Description of the task:
Check each line of the material below, and copy it if it holds the string "well".

Data records:
// Small circuits that are alike by their structure or not, and random ones of which all words are tried as well.
use crate::pairs::{Found, Pair, compared};
use aq_base::Memory;
use circuit::Gate;
use decide::DecideRefusal;
use std::alloc::Global;
use std::test::Fail;
use test_fixtures::{next_number, random_gate};

// Alike by their structure, and so equal.
const ALIKE: Found = Found {
    is_alike: true,
    is_decided: true,
    is_equal: true,
};

// Alike after a sweep alone. What differs is decided by it as well.
const SWEPT: Found = Found {
    is_alike: false,
    is_decided: true,
    is_equal: true,
};

const DIFFERENT: Found = Found {
    is_alike: false,
    is_decided: true,
    is_equal: false,
};

// Whether this is found of a pair, and all words say so too.
fn is_right(alloc: Global, pair: Pair, expected: Found) -> Result<bool, DecideRefusal> {
    match compared(alloc, pair)? {
        None => Ok(false),
        Some((found, agree)) => Ok(found == expected && agree == expected.is_equal),
    }
}

// A full adder: gate 10 is the sum of three inputs, gate 5 the carry.
const ADDER: [Gate; 11] = [
    Gate::Input(0),
    Gate::Input(1),
    Gate::Input(2),
    Gate::Zero,
    Gate::One,
    Gate::Maj(0, 1, 2),
    Gate::Inv(5),
    Gate::Inv(2),
    Gate::Maj(0, 1, 7),
    Gate::Buf(6),
    Gate::Maj(9, 8, 2),
];

// The same in another order, with exchanged operands and turned majorities: the sum is gate 12, the carry gate 4.
const OTHER_ADDER: [Gate; 13] = [
    Gate::Input(2),
    Gate::Input(1),
    Gate::Input(0),
    Gate::Inv(0),
    Gate::Maj(1, 0, 2),
    Gate::Inv(1),
    Gate::Inv(2),
    Gate::Maj(0, 6, 5),
    Gate::Inv(7),
    Gate::Inv(4),
    Gate::Inv(9),
    Gate::Inv(10),
    Gate::Maj(0, 11, 8),
];

// An exclusive or of two inputs, as their or and not their and: gate 7.
const EXCLUSIVE: [Gate; 8] = [
    Gate::Input(0),
    Gate::Input(1),
    Gate::Zero,
    Gate::One,
    Gate::Maj(0, 3, 1),
    Gate::Maj(0, 2, 1),
    Gate::Inv(5),
    Gate::Maj(4, 2, 6),
];

// The same, as one without the other: gate 8.
const EITHER_ALONE: [Gate; 10] = [
    Gate::Input(1),
    Gate::Input(0),
    Gate::Zero,
    Gate::One,
    Gate::Inv(0),
    Gate::Inv(1),
    Gate::Maj(2, 0, 5),
    Gate::Maj(4, 1, 2),
    Gate::Maj(6, 7, 3),
    Gate::Buf(1),
];

// A full adder of two exclusive ors: gate 12 is the sum of three inputs, gate 13 the carry.
const TWO_EXCLUSIVES: [Gate; 14] = [
    Gate::Input(0),
    Gate::Input(1),
    Gate::Input(2),
    Gate::Zero,
    Gate::One,
    Gate::Maj(0, 1, 3),
    Gate::Maj(0, 1, 4),
    Gate::Inv(5),
    Gate::Maj(6, 7, 3),
    Gate::Maj(8, 2, 3),
    Gate::Maj(8, 2, 4),
    Gate::Inv(9),
    Gate::Maj(10, 11, 3),
    Gate::Maj(5, 9, 4),
];

// The same by the second input, which chooses between what sum and carry are without it: gates 15 and 8. Gate 16 is
// false.
const CHOSEN: [Gate; 17] = [
    Gate::Input(0),
    Gate::Input(1),
    Gate::Input(2),
    Gate::Zero,
    Gate::One,
    Gate::Maj(0, 4, 2),
    Gate::Maj(0, 3, 2),
    Gate::Maj(5, 1, 3),
    Gate::Maj(7, 6, 4),
    Gate::Inv(6),
    Gate::Maj(5, 9, 3),
    Gate::Inv(10),
    Gate::Inv(1),
    Gate::Maj(11, 1, 3),
    Gate::Maj(10, 12, 3),
    Gate::Maj(13, 14, 4),
    Gate::Maj(13, 14, 3),
];

#[test]
fn known_pairs(rt: HostRuntime) -> Result<(), Fail> {
    use Gate::{Buf, Input, Inv, Maj, One, Zero};
    let (adder, other): (&[Gate], &[Gate]) = (&ADDER, &OTHER_ADDER);
    let (exclusive, either): (&[Gate], &[Gate]) = (&EXCLUSIVE, &EITHER_ALONE);
    let (twice, chosen): (&[Gate], &[Gate]) = (&TWO_EXCLUSIVES, &CHOSEN);
    let chain: &[Gate] = &[Input(0), Inv(0), Buf(1), Inv(2), Inv(3), Buf(4), Inv(5)];
    let constants: &[Gate] = &[
        One,
        Zero,
        Input(0),
        Maj(0, 2, 1),
        Maj(2, 0, 0),
        Inv(1),
        Maj(1, 1, 3),
    ];
    // inputs, the gates and outputs of both circuits, and what is found
    let rows: [(u32, &[Gate], &[u32], &[Gate], &[u32], Found); 19] = [
        (3, adder, &[10, 5], other, &[12, 4], ALIKE),
        (3, adder, &[10, 5], other, &[12, 3], DIFFERENT),
        (3, adder, &[10, 5], other, &[4, 12], DIFFERENT),
        (1, chain, &[6, 3, 0], &[Input(0)], &[0, 0, 0], ALIKE),
        (1, chain, &[6, 5], &[Input(0)], &[0, 0], DIFFERENT),
        (
            1,
            constants,
            &[0, 1, 3, 4, 5, 6],
            &[Zero, One, Input(0)],
            &[1, 0, 2, 1, 1, 0],
            ALIKE,
        ),
        (0, &[Zero], &[0], &[One], &[0], DIFFERENT),
        (1, &[Input(0)], &[0], &[Zero], &[0], DIFFERENT),
        (2, exclusive, &[7], exclusive, &[7], ALIKE),
        (2, exclusive, &[7], either, &[8], SWEPT),
        (2, exclusive, &[0, 7], either, &[9, 8], SWEPT),
        (3, adder, &[10, 5], twice, &[12, 13], SWEPT),
        (3, adder, &[5, 10], twice, &[12, 13], DIFFERENT),
        (3, twice, &[12, 13], chosen, &[15, 8], SWEPT),
        (3, twice, &[3, 13], chosen, &[16, 8], SWEPT),
        (3, twice, &[12, 13], chosen, &[16, 8], DIFFERENT),
        (2, exclusive, &[4], exclusive, &[5], DIFFERENT),
        (3, &[Input(2)], &[0], &[Input(0)], &[0], DIFFERENT),
        (0, &[], &[], &[One], &[], ALIKE),
    ];
    for (inputs, gates, outputs, other_gates, other_outputs, expected) in rows {
        let pair = Pair {
            inputs,
            gates,
            outputs,
            other_gates,
            other_outputs,
        };
        assert!(rt; is_right(rt.alloc(), pair, expected)?);
    }
    Ok(())
}

// A random circuit of four inputs, both constants and sixteen more gates.
fn random_gates(alloc: Global, seed: u64) -> Result<Vec<Gate>, Memory> {
    let first = [
        Gate::Input(0),
        Gate::Input(1),
        Gate::Input(2),
        Gate::Input(3),
        Gate::Zero,
        Gate::One,
    ];
    let mut gates = Vec::from_array(alloc, first)?;
    let mut state = seed;
    for place in 6..22 {
        state = next_number(state);
        gates.push(random_gate(state, place))?;
    }
    Ok(gates)
}

// A random circuit beside one with another gate in one place.
fn changed(
    alloc: Global,
    gates: &[Gate],
    place: usize,
    gate: Gate,
) -> Result<Option<(Found, bool)>, DecideRefusal> {
    let mut other = Vec::from_slice(alloc, gates)?;
    if place < other.len() {
        other[place] = gate;
    }
    let pair = Pair {
        inputs: 4,
        gates,
        outputs: &[21, 20],
        other_gates: &other,
        other_outputs: &[21, 20],
    };
    compared(alloc, pair)
}

// The random pair of a number.
fn random_pair(alloc: Global, seed: u64) -> Result<Option<(Found, bool)>, DecideRefusal> {
    let gates = random_gates(alloc, seed.wrapping_mul(0x9e37_79b9_7f4a_7c15))?;
    let place = 6 + (seed % 16) as u32;
    let gate = random_gate(next_number(seed.wrapping_mul(0x1234_5678_9abc_def1)), place);
    changed(alloc, &gates, place as usize, gate)
}

#[test]
fn random_pairs(rt: HostRuntime) -> Result<(), Fail> {
    let (mut alike, mut equal) = (0u32, 0u32);
    for seed in 1..101_u64 {
        match random_pair(rt.alloc(), seed)? {
            None => assert!(rt; false),
            Some((found, agree)) => {
                assert!(rt; found.is_equal == agree);
                assert!(rt; found.is_decided);
                assert!(rt; agree || !found.is_alike);
                alike = alike.saturating_add(u32::from(found.is_alike));
                equal = equal.saturating_add(u32::from(found.is_equal));
            }
        }
    }
    // some of the pairs are alike, some are equal all the same, and some differ
    assert!(rt; 10 < alike && alike < equal && equal < 90);
    Ok(())
}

Task result:
// Small circuits that are alike by their structure or not, and random ones of which all words are tried as well.
// Alike after a sweep alone. What differs is decided by it as well.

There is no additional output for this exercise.